Clinical trial with Jakafi

In order to better understand how medicines work and what side effects they may cause, researchers perform clinical trials in which patients with a disease often receive a medicine and researchers observe the results.

Jakafi was studied in a clinical trial in patients with acute graft-versus-host disease (GVHD) who had taken steroids and they did not work well enough.


Who was included in the clinical trial of Jakafi for acute GVHD?
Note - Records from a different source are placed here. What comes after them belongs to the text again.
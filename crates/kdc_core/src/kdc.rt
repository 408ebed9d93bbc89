//! The key distribution centre.
ghost use Rattle.std.specs.Prelude.{◌≡◌, ◌≢◌, ◌≤◌, ◌↔◌, ℕ, List, length, Some, IfOk, IfSome, IfNone, IsOk, OnOk, OnErr};
ghost use Rattle.std.specs.Prelude.{IsOkUnless, option_map};
ghost use Rattle.std.specs.FinMap as map;
ghost use Rattle.std.specs.Option.{option_copied};
ghost use Rattle.krb_fields.specs.Name.{Components};
ghost use Rattle.kdc_core.specs.Answer.{answer, after_request, error_octets, IsReply, OneTicketTwoKeys};
ghost use Rattle.kdc_core.specs.Audit.{audit};
ghost use Rattle.kdc_core.specs.Answered.{IsAnswered, asked};
ghost use Rattle.kdc_core.specs.Issued.{issued, IsTicketReply};
ghost use Rattle.kdc_core.specs.Request.{Request, SpellsRequest, request_of};
ghost use Rattle.kdc_core.specs.Ruling.{IsRuled};
ghost use Rattle.kdc_core.specs.Run.{after_event, replaced};
ghost use Rattle.kdc_core.specs.Shown.{IsSeenAlike, ShowsTicket};
ghost use Rattle.kdc_core.specs.View.{Agrees, named, view};
ghost use Rattle.kdc_core.specs.declared.run.Event.TheVariants.{Reopen, Resume};
ghost use Rattle.kdc_replies.specs.GoodStanding.{AreInGoodStanding};
ghost use Rattle.krb_fields.specs.declared.moment.Moment as moments;
ghost use Rattle.replay.specs.declared.opening.Opening.TheVariants.{Restart};
ghost use Rattle.kdc_state.specs.Resumed.{resumed_state};
ghost use Rattle.kdc_state.specs.Sizes.{bytes_of, pairs_of};
ghost use Rattle.kdc_state.specs.State.{opened_state, cache_of, restarted, tidied_state};
ghost use Rattle.replay.specs.ReplayCache as caches;
ghost use Rattle.replay.specs.Resumed.{resumed_cache};
ghost use Rattle.replay.specs.Sizes.{limited};
ghost use Rattle.replay.specs.Tidied.{tidied};
ghost use Rattle.kdc_state.specs.declared.state.State as states;
ghost use Rattle.principals.specs.Change.{refusal, changed};

use crate::answering::reply_to;
use crate::audit::audit_if;
use crate::contents::read_request;
use crate::mark::keep_mark;
use crate::reply::{Reply, bytes_alone};
use crate::timed_request::TimedRequest;
use encrypted_data::ReadyKeys;
use kdc_replies::{Incoming, error_reply};
use kdc_state::{CacheSizes, Opening, State};
use krb_elements::Octets;
use krb_fields::{Code, Moment, Name};
use principal_rows::{Limits, Row};
use principals::{Change, ChangeFault, Database};
use replay::Resumption;
use std::alloc::{AllocError, Global};
use std::error::Error;
use std::fmt;
use std::marker::Model;

/// The database is of another realm, so it can't replace this one.
#[derive(Clone, Copy, Debug, PartialEq, Eq)]
pub struct OtherRealm;

impl fmt::Display for OtherRealm {
    fn fmt<W: fmt::Write>(&self, f: &mut fmt::Formatter<W>) -> fmt::Result {
        f.write_str("a database of another realm")
    }
}

impl Error for OtherRealm {}

/// A key distribution centre: its state after the requests and changes so far.
#[derive(Drop)]
pub struct Kdc {
    state: State,
    // A cache of recently used keys. It affects speed only, never a reply.
    ready: ReadyKeys,
}

impl Model for Kdc {
    ghost use Rattle.kdc_state.specs.declared.state.State.{State};
    ghost use Rattle.kdc_state.specs.contracts.state.State.{the_row};

    ghost Value = { State };

    ghost coded = { the_row.coded };

    ghost view = { λ kdc. kdc.state };
}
71 patients with acute graft-versus-host disease (GVHD) who were not responding well to steroids with or without other medicines that suppress the immune system were enrolled in the clinical trial for Jakafi.

All patients were treated with Jakafi.

49 patients who had not responded to steroid treatment alone (steroid-refractory acute GVHD) were evaluated to see how well treatment worked.


What else should I know about these 49 patients?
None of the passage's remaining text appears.